Still rather small bulk-requests, but they have increased with 2-3x in size. The number of bulk-reqests has decreased by the same amount. So far the situation is a lot better with less frequent timeouts but the big gain was that the timeouts are less serious, i.e only one retry is needed after a timeout. Far better then before where the timeouts could go on for hours.

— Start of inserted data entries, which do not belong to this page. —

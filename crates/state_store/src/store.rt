//! The state store of a server.

ghost use Rattle.std.specs.Prelude.{◌≡◌, ◌≢◌, ◌⊎◌, ◌≤◌, ◌<◌, ◌+◌, ◌==◌, ◌++◌, ◌∷◌, [], ℕ, List, Option, min, if◌then◌else◌, OnOk, OnErr, IfOk};
ghost use Rattle.std.specs.Prelude.{◌^◌, IfSome, IfErr, IsErrOf, IsOk, take, length, Some, None, false};
ghost use Rattle.petal_disk.specs.Plans.{beneath, plan_state};
ghost use Rattle.petal_disk.specs.Disk.{LeavesOnly, Within};
ghost use Rattle.petal_disk.specs.Keeping.{KeepsDevice};
ghost use Rattle.state_store.specs.Device.{header, bodies_of, AreSpelled, StandsFor, StandsForEither, Holds, WithOrWithout, LeftByFormat, IsBadOn};
ghost use Rattle.state_store.specs.Device.{header_bytes, device_bytes, JournalCounts};
ghost use Rattle.state_store.specs.Errors.{IsAppendError, IsCommitError};
ghost use Rattle.spec_paxos.specs.declared.record.StateRecord.{StateRecord};
ghost use Rattle.spec_paxos.specs.Kept.{row_of, row_after, inc_of, inc_after, AddsNothing, Commits, committed};
ghost use Rattle.spec_paxos.specs.declared.record.Row.{Row};
ghost use Rattle.spec_paxos.specs.declared.record.StateRecord.TheVariants as kind;
ghost use Rattle.state_store.specs.declared.error.StateError.TheVariants as error;
ghost use Rattle.petal_base.specs.Limits.{journal_records};

use crate::device::Device;
use crate::error::StateError;
use crate::places::Places;
use petal_base::Inc;
use petal_command::{Ballot, Command};
use petal_disk::{Disk, Plan, Planned};
use spec_paxos::StateRecord;
use std::alloc::Global;
use std::marker::Model;

/// What a server must not forget. Contracts see the records that were committed, the region of their journal, and the
/// device; what is kept for a place, and the incarnation, is what the records give.
#[derive(Drop)]
pub struct StateStore<D: Disk> {
    device: Device<D>,
    places: Places,
    inc: Inc,
}

impl<D: Disk> Model for StateStore<D> {
    ghost use Rattle.std.specs.Prelude.{◌≡◌, ℕ};
    ghost use Rattle.state_store.specs.Device.{Keeping};
    ghost use Rattle.spec_paxos.specs.Kept.{row_of, inc_of};
    ghost use Rattle.state_store.specs.Rows.{row_at};

    ghost Value = { Keeping D };

    ghost view = { λ s. s.device };

    ghost invariant = { λ s. ((place : ℕ) → row_at s.places place ≡ row_of s.device.records place) × (s.inc ≡ inc_of s.device.records) };
}
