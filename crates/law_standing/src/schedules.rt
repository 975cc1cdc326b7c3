//! Two schedules, computed.

ghost use Rattle.std.specs.Prelude.{◌≡◌, ℕ, true, List, [], ◌∷◌, Option, Some, None, slice_get};
ghost use Rattle.petal_command.specs.declared.ballot.Ballot.{Ballot};
ghost use Rattle.petal_command.specs.declared.command.Command.{Command};
ghost use Rattle.law_standing.specs.Runs.{three, three_lists_one, first, second, third, takes_over, before_third, with_third};
ghost use Rattle.spec_paxos.specs.standing.Letters.{Prepare, Promise, Accept, Accepted, Refuse};
ghost use Rattle.spec_paxos.specs.standing.Proposer.{Standing, asking};
ghost use Rattle.spec_paxos.specs.standing.Schedule.{sent, run, begin};

/// Server 0 proposes x for place 1, and only it accepts that. Server 1 then starts a ballot from place 1 on: it stands for all places,
/// proposes x again for place 1, whatever it wants, and y for place 2. The older ballot is refused from then on.
pub fn a_later_ballot_takes_over()
    ensures stands { (x y : Command) → (run three (takes_over x y) begin).proposers 1
        ≡ Some (Standing (record { from = 1; ballot = second; until = None; reported = (1, first, x) ∷ [] }) true (Some (asking 2 y))) }
    ensures letters { (x y : Command) → (run three (takes_over x y) begin).letters
        ≡ sent 0 (Refuse 1 first second) ∷ sent 1 (Accept 2 second y) ∷ sent 1 (Accept 1 second x)
        ∷ sent 1 (Promise 1 second None []) ∷ sent 0 (Promise 1 second None ((1, first, x) ∷ [])) ∷ sent 1 (Prepare 1 second)
        ∷ sent 0 (Accepted 1 first) ∷ sent 0 (Accept 1 first x)
        ∷ sent 2 (Promise 1 first None []) ∷ sent 0 (Promise 1 first None []) ∷ sent 0 (Prepare 1 first) ∷ [] }
{}

/// Where a promise lists one acceptance at most: place 2 has c chosen in the second ballot, and server 0 still has a of the first one
/// there. The third ballot hears server 0 up to place 2 and server 1 up to place 1, so it proposes nothing for place 2.
pub fn the_least_until_counts()
    ensures { (a b c d e : Command) → (run three_lists_one (with_third a b c d e) begin).letters
        ≡ sent 2 (Accept 1 third b)
        ∷ sent 1 (Promise 1 third (Some 1) ((1, second, b) ∷ [])) ∷ sent 0 (Promise 1 third (Some 2) ((2, first, a) ∷ [])) ∷ sent 2 (Prepare 1 third)
        ∷ (run three_lists_one (before_third a b c d) begin).letters }
{}
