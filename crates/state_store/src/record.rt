//! Records of the state device.

ghost use Rattle.std.specs.Prelude.{◌≡◌, ℕ, List, ◌++◌, length, take, drop, Some, IfSome};
ghost use Rattle.petal_command.specs.Spelling.{spelling, HasSpelling};
ghost use Rattle.petal_command.specs.declared.ballot.Ballot.{Ballot};
ghost use Rattle.petal_command.specs.declared.command.Command.{Command};
ghost use Rattle.state_store.specs.Body.{body_of, HasBody};
ghost use Rattle.spec_paxos.specs.declared.record.StateRecord.{StateRecord};
ghost use Rattle.spec_paxos.specs.declared.record.StateRecord.TheVariants.{Inc, Promise, Accepted, Chosen};

use petal_base::Inc;
use petal_command::{Ballot, COMMAND_BYTES, Command, decode, encode};
use record_fields::{put, put_byte, put_word, put_zeros, word_at};
use spec_paxos::StateRecord;

/// A record has so many bytes after its gate.
pub const BODY_BYTES: usize = 127;

/// The first byte of a command in a record's body.
const COMMAND_AT: usize = 10;

/// The body that spells the record.
pub fn body_of(entry: &StateRecord) -> [u8; BODY_BYTES]
    ensures spelled { result ≡ body_of entry.now }
    ensures has_body { HasBody entry.now }
{
    match entry {
        StateRecord::Inc { inc } => inc_body(*inc),
        StateRecord::Promise { place, ballot } => promise_body(*place, *ballot),
        StateRecord::Accepted {
            place,
            ballot,
            command,
        } => accepted_body(*place, *ballot, command),
        StateRecord::Chosen { place, command } => chosen_body(*place, command),
    }
}

fn inc_body(inc: Inc) -> [u8; BODY_BYTES]
    ensures spelled { result ≡ body_of (Inc inc) }
    ensures has_body { HasBody (Inc inc) }
{
    let mut out = [0; BODY_BYTES];
    put_byte(&mut out, 0, 1);
    put(&mut out, 1, &[0; 73]);
    put_word(&mut out, 74, inc);
    put_zeros(&mut out, 78);
    out
}

fn promise_body(place: u32, ballot: Ballot) -> [u8; BODY_BYTES]
    ensures spelled { result ≡ body_of (Promise place ballot) }
    ensures has_body { HasBody (Promise place ballot) }
{
    let mut out = [0; BODY_BYTES];
    put_byte(&mut out, 0, 2);
    put_word(&mut out, 1, place);
    put_word(&mut out, 5, ballot.round);
    put_byte(&mut out, 9, ballot.server);
    put_zeros(&mut out, 10);
    out
}

fn accepted_body(place: u32, ballot: Ballot, command: &Command) -> [u8; BODY_BYTES]
    ensures spelled { result ≡ body_of (Accepted place ballot command.now) }
    ensures has_body { HasBody (Accepted place ballot command.now) }
{
    let mut out = [0; BODY_BYTES];
    put_byte(&mut out, 0, 3);
    put_word(&mut out, 1, place);
    put_word(&mut out, 5, ballot.round);
    put_byte(&mut out, 9, ballot.server);
    put_command(&mut out, command);
    put_zeros(&mut out, 74);
    out
}

fn chosen_body(place: u32, command: &Command) -> [u8; BODY_BYTES]
    ensures spelled { result ≡ body_of (Chosen place command.now) }
    ensures has_body { HasBody (Chosen place command.now) }
{
    let mut out = [0; BODY_BYTES];
    put_byte(&mut out, 0, 4);
    put_word(&mut out, 1, place);
    put(&mut out, 5, &[0; 5]);
    put_command(&mut out, command);
    put_zeros(&mut out, 74);
    out
}

/// Writes a command to its place.
fn put_command(out: &mut [u8], command: &Command)
    requires { length out.old ≡ 127 }
    ensures spelled { take 74 out.new ≡ take 10 out.old ++ spelling command.now }
    ensures has_spelling { HasSpelling command.now }
{
    put(out, COMMAND_AT, &encode(command));
}

/// The record that a body spells; None exactly where it spells none.
pub fn record_of(body: &[u8]) -> Option<StateRecord>
    ensures found { IfSome result (λ r. HasBody r × (body.now ≡ body_of r)) }
    ensures only { (r : StateRecord) → HasBody r → body.now ≡ body_of r → result ≡ Some r }
{
    if body.len() != BODY_BYTES {
        return None;
    }
    let entry = read(body)?;
    if body_of(&entry).as_slice() == body {
        Some(entry)
    } else {
        None
    }
}

/// The record, where the body spells one.
fn read(body: &[u8]) -> Option<StateRecord>
    requires { length body.now ≡ 127 }
    ensures { (r : StateRecord) → HasBody r → body.now ≡ body_of r → result ≡ Some r }
{
    match body[0] {
        1 => Some(read_inc(body)),
        2 => Some(read_promise(body)),
        3 => read_accepted(body),
        4 => read_chosen(body),
        _ => None,
    }
}

fn read_inc(body: &[u8]) -> StateRecord
    requires { length body.now ≡ 127 }
    ensures { (inc : ℕ) → HasBody (Inc inc) → body.now ≡ body_of (Inc inc) → result ≡ Inc inc }
{
    StateRecord::Inc {
        inc: word_at(body, 74),
    }
}

fn read_promise(body: &[u8]) -> StateRecord
    requires { length body.now ≡ 127 }
    ensures { (place : ℕ) (ballot : Ballot) → HasBody (Promise place ballot) → body.now ≡ body_of (Promise place ballot) → result ≡ Promise place ballot }
{
    StateRecord::Promise {
        place: word_at(body, 1),
        ballot: Ballot {
            round: word_at(body, 5),
            server: body[9],
        },
    }
}

fn read_accepted(body: &[u8]) -> Option<StateRecord>
    requires { length body.now ≡ 127 }
    ensures { (place : ℕ) (ballot : Ballot) (command : Command) → HasBody (Accepted place ballot command)
        → body.now ≡ body_of (Accepted place ballot command) → result ≡ Some (Accepted place ballot command) }
{
    let command = command_at(body)?;
    Some(StateRecord::Accepted {
        place: word_at(body, 1),
        ballot: Ballot {
            round: word_at(body, 5),
            server: body[9],
        },
        command,
    })
}

fn read_chosen(body: &[u8]) -> Option<StateRecord>
    requires { length body.now ≡ 127 }
    ensures { (place : ℕ) (command : Command) → HasBody (Chosen place command) → body.now ≡ body_of (Chosen place command)
        → result ≡ Some (Chosen place command) }
{
    let command = command_at(body)?;
    Some(StateRecord::Chosen {
        place: word_at(body, 1),
        command,
    })
}

/// The command at its place.
fn command_at(body: &[u8]) -> Option<Command>
    requires { length body.now ≡ 127 }
    ensures { (command : Command) (rest : List ℕ) → HasSpelling command → drop 10 body.now ≡ spelling command ++ rest → result ≡ Some command }
{
    decode(&body[COMMAND_AT..COMMAND_AT + COMMAND_BYTES])
}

{:timestamp=>"2016-11-11T03:42:44.855000+0100", :message=>" bulk request", :num_docs=>6, :indices=>"service-logs-yarn-warnings-2016.11.11", :body_size=>3967, :level=>:info}
{:timestamp=>"2016-11-11T03:42:44.856000+0100", :message=>"Performing request to http://elk3:9200/_bulk. body_size: 3967", :level=>:info}
{:timestamp=>"2016-11-11T03:42:44.865000+0100", :message=>"POST http://elk3:9200/_bulk [status:200, request:0.007s, query:0.003s]. body_size: 3967", :level=>:info}
{:timestamp=>"2016-11-11T03:42:46.894000+0100", :message=>" bulk request", :num_docs=>5, :indices=>"service-logs-yarn-warnings-2016.11.11", :body_size=>3306, :level=>:info}
{:timestamp=>"2016-11-11T03:42:46.895000+0100", :message=>"Performing request to http://elk4:9200/_bulk. body_size: 3306", :level=>:info}
{:timestamp=>"2016-11-11T03:42:46.904000+0100", :message=>"POST http://elk4:9200/_bulk [status:200, request:0.009s, query:0.005s]. body_size: 3306", :level=>:info}
{:timestamp=>"2016-11-11T03:42:48.963000+0100", :message=>" bulk request", :num_docs=>6, :indices=>"service-logs-yarn-warnings-2016.11.11", :body_size=>3967, :level=>:info}
{:timestamp=>"2016-11-11T03:42:48.964000+0100", :message=>"Performing request to http://elk5:9200/_bulk. body_size: 3967", :level=>:info}
{:timestamp=>"2016-11-11T03:42:48.974000+0100", :message=>"POST http://elk5:9200/_bulk [status:200, request:0.009s, query:0.005s]. body_size: 3967", :level=>:info}
{:timestamp=>"2016-11-11T03:42:51.865000+0100", :message=>" bulk request", :num_docs=>3, :indices=>"service-logs-yarn-warnings-2016.11.11", :body_size=>1984, :level=>:info}
{:timestamp=>"2016-11-11T03:42:51.866000+0100", :message=>"Performing request to http://elk1:9200/_bulk. body_size: 1984", :level=>:info}
{:timestamp=>"2016-11-11T03:42:51.874000+0100", :message=>"POST http://elk1:9200/_bulk [status:200, request:0.007s, query:0.004s]. body_size: 1984", :level=>:info}
{:timestamp=>"2016-11-11T03:42:51.875000+0100", :message=>" bulk request", :num_docs=>3, :indices=>"flume-logs-2016.11.11", :body_size=>1924, :level=>:info}
{:timestamp=>"2016-11-11T03:42:51.876000+0100", :message=>"Performing request to http://elk2:9200/_bulk. body_size: 1924", :level=>:info}
{:timestamp=>"2016-11-11T03:42:51.889000+0100", :message=>"POST http://elk2:9200/_bulk [status:200, request:0.011s, query:0.003s]. body_size: 1924", :level=>:info}
{:timestamp=>"2016-11-11T03:42:55.041000+0100", :message=>" bulk request", :num_docs=>3, :indices=>"service-logs-yarn-warnings-2016.11.11", :body_size=>1984, :level=>:info}
{:timestamp=>"2016-11-11T03:42:55.042000+0100", :message=>"Performing request to http://elk2:9200/_bulk. body_size: 1984", :level=>:info}

Wrap up

This shows how important metrics are when debugging and tuning configurations. Small bulk-requests in a high pace was the culprit here but I could have spared a lot of time if there had been decent output from the Elasticsearch-output.
How are Logstash users supposed to tune the bulk_size or the idle_flush_time when there aren't any metrics to base it on?
I can see that Logstash 5.0 includes some new logging features (Log4j!) so now I have big hopes that the logging situation will be improved.